- [EXERCISE DIRECTIONS]
Go through the entries below and say how many lines hold the word "Ground". Nothing else is needed.

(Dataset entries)
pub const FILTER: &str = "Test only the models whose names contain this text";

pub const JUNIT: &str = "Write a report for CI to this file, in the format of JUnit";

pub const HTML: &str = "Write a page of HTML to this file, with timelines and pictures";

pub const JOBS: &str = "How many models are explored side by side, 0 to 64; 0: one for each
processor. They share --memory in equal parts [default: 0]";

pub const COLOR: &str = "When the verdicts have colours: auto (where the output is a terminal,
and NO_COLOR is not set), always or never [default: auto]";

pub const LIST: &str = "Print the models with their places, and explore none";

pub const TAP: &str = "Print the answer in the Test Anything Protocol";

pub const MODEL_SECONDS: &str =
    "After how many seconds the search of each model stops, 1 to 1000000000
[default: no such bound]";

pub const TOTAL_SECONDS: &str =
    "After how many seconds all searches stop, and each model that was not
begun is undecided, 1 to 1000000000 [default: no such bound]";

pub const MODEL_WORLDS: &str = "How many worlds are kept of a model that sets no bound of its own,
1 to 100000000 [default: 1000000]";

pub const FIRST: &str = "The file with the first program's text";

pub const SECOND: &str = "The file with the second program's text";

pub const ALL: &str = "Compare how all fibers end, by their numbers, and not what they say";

==

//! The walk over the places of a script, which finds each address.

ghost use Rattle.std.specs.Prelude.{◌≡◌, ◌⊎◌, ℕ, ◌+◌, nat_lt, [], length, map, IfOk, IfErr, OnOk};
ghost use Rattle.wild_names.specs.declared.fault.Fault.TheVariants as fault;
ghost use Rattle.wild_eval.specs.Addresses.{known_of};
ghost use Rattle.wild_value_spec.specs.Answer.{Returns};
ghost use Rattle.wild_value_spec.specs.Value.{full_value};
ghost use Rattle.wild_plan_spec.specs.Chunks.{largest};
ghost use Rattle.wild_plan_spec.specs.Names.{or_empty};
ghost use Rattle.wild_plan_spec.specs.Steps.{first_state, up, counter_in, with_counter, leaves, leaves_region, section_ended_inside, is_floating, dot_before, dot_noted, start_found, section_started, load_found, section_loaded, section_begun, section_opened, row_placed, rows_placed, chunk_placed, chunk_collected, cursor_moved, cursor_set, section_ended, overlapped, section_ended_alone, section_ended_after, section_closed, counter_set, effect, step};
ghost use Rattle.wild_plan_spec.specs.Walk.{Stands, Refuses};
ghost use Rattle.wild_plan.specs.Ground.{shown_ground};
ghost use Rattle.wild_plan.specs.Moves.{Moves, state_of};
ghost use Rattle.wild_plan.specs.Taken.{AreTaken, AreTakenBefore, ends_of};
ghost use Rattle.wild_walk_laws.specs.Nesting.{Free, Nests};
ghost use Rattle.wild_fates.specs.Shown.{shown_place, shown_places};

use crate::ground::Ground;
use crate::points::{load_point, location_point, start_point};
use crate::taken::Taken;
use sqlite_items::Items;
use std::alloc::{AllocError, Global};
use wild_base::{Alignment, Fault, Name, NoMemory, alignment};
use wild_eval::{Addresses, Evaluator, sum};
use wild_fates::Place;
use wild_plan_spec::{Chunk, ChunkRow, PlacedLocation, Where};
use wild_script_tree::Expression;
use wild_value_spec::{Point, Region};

...

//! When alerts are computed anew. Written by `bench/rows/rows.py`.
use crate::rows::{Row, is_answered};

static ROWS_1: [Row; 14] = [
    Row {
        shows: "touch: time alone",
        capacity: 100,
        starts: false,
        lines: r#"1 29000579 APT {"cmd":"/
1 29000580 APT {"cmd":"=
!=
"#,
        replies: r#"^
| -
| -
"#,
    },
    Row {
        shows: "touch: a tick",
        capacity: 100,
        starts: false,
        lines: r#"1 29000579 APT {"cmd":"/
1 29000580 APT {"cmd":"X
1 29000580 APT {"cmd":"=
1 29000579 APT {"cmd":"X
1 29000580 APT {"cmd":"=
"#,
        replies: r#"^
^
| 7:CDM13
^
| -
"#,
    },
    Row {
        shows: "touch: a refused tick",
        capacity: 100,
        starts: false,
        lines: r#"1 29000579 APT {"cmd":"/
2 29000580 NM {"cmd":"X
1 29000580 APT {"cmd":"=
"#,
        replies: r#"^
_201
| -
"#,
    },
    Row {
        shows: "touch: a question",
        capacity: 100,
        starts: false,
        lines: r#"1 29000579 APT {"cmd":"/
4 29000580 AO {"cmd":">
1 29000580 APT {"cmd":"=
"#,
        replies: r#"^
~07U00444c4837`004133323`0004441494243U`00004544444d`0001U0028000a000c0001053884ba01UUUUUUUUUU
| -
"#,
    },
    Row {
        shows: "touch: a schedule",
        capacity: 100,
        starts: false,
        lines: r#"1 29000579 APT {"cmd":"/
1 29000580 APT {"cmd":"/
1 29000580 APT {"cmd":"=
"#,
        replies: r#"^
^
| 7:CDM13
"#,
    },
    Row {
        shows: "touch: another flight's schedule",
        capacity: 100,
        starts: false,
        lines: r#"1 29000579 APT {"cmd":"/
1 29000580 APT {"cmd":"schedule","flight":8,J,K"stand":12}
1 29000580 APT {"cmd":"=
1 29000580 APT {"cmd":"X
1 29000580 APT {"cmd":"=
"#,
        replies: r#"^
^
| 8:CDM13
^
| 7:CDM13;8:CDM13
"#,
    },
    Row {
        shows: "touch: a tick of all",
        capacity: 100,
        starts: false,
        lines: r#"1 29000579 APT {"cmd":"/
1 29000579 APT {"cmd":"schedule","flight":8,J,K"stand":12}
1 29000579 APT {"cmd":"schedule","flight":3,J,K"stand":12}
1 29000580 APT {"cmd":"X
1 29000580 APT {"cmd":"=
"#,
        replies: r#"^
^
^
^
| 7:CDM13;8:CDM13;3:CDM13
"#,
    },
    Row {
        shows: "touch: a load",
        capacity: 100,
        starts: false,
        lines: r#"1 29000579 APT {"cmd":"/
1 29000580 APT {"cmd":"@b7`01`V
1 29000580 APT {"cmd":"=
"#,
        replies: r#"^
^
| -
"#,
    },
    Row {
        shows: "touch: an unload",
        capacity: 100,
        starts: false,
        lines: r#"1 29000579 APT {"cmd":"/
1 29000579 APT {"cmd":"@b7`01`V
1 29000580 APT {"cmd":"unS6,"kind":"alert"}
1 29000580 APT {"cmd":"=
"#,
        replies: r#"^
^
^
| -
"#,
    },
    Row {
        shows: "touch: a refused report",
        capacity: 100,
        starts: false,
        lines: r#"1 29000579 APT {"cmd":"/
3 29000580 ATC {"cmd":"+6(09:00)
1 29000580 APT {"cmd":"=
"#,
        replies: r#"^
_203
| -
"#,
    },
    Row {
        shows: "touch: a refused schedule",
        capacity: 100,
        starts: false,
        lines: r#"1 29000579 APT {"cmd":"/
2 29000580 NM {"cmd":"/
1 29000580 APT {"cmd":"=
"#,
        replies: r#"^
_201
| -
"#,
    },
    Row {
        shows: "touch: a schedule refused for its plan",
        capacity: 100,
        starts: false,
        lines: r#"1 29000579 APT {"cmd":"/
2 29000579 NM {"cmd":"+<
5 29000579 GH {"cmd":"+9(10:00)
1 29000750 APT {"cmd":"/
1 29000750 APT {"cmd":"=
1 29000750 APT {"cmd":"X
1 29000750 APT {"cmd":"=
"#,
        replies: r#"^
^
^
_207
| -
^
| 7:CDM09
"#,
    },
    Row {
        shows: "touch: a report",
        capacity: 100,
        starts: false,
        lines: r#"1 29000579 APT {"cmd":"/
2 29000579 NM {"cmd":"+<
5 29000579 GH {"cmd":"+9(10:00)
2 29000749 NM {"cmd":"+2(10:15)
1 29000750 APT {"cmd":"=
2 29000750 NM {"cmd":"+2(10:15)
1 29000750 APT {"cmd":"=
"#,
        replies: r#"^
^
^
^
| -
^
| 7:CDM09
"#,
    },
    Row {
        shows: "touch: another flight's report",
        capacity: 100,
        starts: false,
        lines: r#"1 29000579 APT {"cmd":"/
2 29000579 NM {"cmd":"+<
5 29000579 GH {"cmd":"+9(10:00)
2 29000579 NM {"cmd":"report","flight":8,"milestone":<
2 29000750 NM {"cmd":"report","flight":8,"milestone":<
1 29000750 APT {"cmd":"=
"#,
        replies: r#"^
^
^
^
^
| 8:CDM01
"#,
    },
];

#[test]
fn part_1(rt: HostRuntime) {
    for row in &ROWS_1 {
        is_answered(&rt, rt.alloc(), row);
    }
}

- [OUTPUT OF THE TASK]
2